[Source data]

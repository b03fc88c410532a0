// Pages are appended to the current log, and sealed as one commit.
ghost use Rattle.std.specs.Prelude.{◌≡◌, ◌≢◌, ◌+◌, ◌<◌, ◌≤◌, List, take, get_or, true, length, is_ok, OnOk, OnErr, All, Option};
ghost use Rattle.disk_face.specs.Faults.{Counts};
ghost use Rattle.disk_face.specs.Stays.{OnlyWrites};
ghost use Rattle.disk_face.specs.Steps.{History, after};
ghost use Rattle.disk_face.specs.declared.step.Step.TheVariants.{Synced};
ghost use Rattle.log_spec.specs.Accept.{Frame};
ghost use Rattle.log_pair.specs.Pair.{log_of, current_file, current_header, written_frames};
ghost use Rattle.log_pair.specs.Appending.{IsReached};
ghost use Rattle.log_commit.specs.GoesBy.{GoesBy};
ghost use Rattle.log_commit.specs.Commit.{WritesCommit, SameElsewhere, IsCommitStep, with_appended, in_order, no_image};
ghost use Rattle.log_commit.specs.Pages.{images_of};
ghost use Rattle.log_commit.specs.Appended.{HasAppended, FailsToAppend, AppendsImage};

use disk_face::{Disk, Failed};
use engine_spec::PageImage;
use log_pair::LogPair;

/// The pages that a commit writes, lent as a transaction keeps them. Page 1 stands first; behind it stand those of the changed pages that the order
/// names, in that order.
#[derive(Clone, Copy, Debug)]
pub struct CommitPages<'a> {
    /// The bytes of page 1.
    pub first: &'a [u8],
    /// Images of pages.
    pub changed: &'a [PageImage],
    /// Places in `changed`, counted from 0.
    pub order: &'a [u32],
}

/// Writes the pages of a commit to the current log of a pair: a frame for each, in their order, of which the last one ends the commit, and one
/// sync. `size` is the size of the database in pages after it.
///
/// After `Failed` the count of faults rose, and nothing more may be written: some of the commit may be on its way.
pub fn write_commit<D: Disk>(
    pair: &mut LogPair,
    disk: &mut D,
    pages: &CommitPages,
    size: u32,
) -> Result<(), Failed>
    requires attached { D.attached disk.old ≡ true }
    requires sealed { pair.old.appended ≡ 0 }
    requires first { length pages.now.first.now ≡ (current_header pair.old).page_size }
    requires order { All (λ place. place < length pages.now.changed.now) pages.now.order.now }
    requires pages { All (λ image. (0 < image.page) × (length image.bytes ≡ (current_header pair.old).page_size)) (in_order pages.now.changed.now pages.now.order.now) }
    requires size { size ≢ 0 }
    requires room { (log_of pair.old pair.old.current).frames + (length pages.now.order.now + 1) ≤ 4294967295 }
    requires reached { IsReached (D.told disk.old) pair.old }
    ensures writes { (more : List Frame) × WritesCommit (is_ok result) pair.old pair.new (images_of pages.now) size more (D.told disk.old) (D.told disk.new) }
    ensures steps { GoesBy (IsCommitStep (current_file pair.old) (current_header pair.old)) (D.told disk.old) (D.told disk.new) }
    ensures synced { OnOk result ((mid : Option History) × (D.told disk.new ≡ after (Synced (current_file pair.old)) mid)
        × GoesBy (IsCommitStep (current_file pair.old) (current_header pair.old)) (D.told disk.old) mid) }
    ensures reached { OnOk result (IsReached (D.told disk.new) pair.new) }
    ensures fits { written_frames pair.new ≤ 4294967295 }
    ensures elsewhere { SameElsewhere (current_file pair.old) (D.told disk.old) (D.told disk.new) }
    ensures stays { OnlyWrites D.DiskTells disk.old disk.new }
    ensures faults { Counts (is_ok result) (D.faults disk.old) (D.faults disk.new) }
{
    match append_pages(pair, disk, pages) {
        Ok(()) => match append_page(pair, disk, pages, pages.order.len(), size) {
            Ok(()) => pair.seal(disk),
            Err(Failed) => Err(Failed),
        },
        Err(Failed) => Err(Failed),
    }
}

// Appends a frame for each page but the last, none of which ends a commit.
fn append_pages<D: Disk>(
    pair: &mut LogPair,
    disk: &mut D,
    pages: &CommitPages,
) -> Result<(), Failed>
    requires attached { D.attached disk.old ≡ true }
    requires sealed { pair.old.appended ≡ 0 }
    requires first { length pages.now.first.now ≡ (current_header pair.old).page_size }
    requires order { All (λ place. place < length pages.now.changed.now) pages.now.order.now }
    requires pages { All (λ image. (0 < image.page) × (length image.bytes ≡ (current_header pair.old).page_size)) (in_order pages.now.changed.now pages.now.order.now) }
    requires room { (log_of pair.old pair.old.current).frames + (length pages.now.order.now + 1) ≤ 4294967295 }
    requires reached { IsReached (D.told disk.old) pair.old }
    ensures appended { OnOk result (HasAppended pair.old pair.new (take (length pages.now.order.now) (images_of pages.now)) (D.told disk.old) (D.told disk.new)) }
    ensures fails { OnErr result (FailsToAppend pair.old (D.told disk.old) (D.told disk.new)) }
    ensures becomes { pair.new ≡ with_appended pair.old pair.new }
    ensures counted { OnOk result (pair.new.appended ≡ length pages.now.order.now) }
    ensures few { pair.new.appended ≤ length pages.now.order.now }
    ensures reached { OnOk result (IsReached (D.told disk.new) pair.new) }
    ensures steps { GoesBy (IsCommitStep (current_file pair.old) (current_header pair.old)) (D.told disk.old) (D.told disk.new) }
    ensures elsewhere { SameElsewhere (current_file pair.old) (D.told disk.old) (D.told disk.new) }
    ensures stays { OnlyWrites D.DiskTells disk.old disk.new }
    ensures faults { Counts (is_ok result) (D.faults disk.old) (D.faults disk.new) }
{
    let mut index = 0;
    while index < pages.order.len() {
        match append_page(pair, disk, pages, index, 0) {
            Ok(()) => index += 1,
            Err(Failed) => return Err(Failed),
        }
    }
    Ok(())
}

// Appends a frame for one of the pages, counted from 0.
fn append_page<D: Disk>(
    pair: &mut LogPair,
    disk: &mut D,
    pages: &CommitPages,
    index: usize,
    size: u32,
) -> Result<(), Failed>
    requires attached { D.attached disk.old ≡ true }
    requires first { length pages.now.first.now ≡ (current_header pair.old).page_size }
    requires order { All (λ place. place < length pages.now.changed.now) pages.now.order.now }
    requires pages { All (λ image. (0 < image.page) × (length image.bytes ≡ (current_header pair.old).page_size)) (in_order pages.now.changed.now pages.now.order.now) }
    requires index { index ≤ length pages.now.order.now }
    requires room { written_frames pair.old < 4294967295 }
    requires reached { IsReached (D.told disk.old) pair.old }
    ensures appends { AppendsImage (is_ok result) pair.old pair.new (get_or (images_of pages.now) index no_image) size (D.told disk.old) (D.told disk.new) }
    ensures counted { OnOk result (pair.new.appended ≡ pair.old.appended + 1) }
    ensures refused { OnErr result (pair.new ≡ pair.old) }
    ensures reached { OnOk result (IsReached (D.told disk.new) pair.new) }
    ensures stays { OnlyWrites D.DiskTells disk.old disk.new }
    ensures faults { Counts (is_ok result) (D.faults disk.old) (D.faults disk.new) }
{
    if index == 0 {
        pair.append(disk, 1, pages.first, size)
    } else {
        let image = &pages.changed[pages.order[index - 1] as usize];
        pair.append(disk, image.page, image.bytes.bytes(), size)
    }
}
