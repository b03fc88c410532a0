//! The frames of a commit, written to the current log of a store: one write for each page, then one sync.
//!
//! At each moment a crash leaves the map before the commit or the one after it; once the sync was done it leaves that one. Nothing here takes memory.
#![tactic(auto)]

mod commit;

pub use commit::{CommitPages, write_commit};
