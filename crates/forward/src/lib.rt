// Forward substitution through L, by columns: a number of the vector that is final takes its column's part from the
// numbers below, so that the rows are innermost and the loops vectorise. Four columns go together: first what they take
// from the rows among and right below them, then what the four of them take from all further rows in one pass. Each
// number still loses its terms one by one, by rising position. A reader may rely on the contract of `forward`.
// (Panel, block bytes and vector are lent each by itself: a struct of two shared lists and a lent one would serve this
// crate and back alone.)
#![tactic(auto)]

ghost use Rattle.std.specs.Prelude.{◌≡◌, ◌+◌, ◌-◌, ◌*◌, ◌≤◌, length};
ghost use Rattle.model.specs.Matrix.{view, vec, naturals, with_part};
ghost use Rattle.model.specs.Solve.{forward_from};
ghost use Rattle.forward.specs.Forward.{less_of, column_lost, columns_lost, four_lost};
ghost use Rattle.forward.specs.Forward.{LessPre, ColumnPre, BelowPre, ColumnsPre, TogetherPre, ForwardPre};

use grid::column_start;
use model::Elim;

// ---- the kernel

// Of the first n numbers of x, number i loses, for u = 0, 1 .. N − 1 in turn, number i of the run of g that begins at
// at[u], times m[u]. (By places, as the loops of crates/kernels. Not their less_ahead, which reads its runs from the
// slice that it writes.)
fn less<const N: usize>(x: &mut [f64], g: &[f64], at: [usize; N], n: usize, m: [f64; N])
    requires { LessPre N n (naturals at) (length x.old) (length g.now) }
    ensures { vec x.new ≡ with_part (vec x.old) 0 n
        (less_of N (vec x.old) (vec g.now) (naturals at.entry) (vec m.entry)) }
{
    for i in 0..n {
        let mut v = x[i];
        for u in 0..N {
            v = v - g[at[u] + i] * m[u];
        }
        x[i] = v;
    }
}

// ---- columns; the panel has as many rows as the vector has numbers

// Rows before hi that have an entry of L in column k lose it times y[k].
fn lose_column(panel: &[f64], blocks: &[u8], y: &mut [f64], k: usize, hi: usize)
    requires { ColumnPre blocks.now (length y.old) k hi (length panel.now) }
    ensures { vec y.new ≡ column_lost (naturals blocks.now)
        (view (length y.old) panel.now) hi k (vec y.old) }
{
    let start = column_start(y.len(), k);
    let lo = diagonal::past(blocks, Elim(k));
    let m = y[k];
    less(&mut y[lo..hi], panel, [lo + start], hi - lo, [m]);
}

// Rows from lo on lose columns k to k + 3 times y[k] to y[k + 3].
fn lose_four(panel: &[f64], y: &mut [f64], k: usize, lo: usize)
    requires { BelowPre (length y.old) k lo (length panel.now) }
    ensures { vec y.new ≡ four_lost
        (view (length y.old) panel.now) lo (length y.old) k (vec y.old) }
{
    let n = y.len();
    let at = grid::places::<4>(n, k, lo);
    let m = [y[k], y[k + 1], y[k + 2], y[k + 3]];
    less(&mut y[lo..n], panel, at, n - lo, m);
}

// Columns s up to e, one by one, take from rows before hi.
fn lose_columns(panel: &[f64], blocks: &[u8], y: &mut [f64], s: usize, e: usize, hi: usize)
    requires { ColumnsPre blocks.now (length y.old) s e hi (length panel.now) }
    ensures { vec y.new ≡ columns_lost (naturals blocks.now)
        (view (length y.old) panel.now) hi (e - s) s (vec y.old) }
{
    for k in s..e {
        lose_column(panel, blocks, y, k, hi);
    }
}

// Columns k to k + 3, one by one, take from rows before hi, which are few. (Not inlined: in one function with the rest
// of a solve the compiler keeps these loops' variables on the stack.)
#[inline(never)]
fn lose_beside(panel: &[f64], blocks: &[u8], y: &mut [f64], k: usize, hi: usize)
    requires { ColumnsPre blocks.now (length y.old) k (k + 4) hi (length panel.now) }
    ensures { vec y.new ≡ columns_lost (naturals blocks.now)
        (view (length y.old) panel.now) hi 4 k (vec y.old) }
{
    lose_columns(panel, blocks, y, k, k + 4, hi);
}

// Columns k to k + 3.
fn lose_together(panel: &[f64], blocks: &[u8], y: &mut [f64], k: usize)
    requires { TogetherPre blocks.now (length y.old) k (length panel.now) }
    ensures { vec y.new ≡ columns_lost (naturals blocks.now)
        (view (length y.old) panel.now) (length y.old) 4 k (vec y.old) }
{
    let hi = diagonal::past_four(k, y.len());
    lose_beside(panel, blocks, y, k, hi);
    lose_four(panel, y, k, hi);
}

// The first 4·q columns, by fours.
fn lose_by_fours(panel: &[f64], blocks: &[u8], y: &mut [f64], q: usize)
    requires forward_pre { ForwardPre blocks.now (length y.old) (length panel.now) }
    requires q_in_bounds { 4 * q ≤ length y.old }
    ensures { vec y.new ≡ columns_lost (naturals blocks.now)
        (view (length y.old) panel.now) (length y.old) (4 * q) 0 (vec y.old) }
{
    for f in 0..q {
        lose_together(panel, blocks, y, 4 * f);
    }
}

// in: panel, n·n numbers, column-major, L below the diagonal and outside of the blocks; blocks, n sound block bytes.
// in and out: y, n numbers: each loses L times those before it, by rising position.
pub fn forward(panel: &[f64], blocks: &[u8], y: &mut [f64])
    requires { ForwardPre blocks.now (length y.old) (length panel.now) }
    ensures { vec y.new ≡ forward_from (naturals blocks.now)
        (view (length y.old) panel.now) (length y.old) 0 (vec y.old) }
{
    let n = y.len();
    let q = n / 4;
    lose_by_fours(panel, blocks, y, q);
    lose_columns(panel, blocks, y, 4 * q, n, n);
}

[/Source data]
[Source data]

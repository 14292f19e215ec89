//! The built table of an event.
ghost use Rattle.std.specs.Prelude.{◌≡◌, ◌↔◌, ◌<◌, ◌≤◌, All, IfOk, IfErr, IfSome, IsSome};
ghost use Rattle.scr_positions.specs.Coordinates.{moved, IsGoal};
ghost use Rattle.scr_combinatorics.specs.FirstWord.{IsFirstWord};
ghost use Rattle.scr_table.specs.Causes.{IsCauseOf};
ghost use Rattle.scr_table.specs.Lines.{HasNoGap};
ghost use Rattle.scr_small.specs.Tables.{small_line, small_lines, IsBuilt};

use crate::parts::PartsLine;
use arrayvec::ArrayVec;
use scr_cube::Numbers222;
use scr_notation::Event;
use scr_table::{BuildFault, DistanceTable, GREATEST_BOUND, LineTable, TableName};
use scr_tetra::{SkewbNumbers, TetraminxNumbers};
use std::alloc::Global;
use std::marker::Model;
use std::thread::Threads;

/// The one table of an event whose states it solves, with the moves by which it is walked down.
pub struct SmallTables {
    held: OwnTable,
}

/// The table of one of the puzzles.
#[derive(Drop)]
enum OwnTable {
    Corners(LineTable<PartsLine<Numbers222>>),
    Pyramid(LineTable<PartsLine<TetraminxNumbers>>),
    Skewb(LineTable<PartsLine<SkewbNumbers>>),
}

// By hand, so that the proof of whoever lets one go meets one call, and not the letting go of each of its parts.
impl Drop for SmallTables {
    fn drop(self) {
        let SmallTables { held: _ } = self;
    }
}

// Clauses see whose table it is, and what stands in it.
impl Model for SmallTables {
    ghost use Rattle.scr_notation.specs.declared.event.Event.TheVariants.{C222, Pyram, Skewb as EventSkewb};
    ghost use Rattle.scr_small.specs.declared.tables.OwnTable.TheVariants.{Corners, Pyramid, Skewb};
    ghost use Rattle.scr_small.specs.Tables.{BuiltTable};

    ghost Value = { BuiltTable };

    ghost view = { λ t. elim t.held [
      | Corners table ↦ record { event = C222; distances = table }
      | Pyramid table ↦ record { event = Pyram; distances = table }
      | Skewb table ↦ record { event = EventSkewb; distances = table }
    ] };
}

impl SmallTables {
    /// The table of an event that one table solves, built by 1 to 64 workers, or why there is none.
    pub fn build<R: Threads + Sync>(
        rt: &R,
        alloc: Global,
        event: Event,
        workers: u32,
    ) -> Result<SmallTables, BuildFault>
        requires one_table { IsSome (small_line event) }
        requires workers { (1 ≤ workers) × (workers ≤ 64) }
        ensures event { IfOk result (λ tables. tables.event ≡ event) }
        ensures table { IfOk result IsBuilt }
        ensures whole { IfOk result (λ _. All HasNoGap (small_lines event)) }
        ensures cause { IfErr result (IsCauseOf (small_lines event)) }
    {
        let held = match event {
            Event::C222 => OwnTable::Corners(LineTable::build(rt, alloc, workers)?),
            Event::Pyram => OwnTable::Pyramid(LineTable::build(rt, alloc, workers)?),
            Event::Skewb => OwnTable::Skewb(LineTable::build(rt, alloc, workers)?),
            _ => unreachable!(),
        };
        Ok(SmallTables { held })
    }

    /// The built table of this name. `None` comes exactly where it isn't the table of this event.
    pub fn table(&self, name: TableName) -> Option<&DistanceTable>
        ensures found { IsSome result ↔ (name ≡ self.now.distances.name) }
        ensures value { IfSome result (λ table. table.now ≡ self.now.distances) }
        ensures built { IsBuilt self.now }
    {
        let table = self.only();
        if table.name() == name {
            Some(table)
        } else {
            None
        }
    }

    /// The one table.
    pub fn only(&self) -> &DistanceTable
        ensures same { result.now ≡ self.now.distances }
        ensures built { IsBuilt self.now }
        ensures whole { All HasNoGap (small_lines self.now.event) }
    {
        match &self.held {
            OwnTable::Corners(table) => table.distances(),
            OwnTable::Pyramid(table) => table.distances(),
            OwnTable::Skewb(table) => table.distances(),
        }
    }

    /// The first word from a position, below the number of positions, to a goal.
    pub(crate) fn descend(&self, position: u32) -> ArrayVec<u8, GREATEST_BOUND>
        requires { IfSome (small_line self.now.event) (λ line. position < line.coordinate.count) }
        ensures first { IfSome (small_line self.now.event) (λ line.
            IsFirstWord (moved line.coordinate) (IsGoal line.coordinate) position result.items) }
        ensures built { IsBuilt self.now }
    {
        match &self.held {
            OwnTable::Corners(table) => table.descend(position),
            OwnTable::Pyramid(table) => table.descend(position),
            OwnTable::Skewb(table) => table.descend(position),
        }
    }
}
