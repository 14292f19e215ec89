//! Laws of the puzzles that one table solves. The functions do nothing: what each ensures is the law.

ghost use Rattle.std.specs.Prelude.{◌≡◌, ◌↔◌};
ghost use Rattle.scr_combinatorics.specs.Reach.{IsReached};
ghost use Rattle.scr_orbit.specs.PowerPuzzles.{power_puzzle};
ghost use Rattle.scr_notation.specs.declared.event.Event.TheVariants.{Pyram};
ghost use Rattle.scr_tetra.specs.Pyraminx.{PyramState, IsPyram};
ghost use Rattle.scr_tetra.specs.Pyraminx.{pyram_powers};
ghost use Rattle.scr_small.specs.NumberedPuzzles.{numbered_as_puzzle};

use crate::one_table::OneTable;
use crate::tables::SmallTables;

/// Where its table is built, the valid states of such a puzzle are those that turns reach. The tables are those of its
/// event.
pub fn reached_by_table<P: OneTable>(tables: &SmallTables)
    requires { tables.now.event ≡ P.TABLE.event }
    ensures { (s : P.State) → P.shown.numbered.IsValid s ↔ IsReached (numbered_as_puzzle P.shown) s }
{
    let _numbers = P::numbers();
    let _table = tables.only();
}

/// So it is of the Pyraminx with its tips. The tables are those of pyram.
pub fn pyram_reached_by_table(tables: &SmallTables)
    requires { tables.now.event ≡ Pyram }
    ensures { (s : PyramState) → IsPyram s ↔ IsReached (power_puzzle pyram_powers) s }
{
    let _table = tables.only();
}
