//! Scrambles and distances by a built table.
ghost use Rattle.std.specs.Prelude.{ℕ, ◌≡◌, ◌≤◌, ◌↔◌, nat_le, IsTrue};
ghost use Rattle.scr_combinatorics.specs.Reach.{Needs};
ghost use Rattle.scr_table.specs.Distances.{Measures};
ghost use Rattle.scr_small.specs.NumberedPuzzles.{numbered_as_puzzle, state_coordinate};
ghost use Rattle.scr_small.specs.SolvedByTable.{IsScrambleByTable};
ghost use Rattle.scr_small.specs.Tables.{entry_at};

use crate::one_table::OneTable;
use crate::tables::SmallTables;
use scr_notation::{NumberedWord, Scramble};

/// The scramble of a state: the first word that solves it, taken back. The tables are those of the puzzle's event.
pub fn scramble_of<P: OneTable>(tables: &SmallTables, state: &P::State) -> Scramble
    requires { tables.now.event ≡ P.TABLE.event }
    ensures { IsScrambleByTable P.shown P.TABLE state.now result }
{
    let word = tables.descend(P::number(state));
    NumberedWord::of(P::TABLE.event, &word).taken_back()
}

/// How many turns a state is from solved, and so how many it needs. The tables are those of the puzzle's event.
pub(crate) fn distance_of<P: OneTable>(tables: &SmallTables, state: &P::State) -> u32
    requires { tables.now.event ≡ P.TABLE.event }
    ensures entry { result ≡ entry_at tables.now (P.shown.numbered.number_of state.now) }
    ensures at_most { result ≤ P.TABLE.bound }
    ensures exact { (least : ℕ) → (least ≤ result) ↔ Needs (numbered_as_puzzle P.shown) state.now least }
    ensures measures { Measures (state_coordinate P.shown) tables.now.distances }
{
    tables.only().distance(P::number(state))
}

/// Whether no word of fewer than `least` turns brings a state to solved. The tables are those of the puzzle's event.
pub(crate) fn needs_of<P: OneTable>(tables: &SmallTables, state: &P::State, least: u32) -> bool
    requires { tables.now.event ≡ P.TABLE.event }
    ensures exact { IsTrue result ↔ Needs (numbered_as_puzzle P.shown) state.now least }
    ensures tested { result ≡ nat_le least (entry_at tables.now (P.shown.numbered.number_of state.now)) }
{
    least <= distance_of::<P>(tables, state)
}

[/Source data]

• _What is being asked_
Every line of the entries above that includes "NumberedPuzzles" should be copied.

• _Task output_
ghost use Rattle.scr_small.specs.NumberedPuzzles.{numbered_as_puzzle};
ghost use Rattle.scr_small.specs.NumberedPuzzles.{numbered_as_puzzle, state_coordinate};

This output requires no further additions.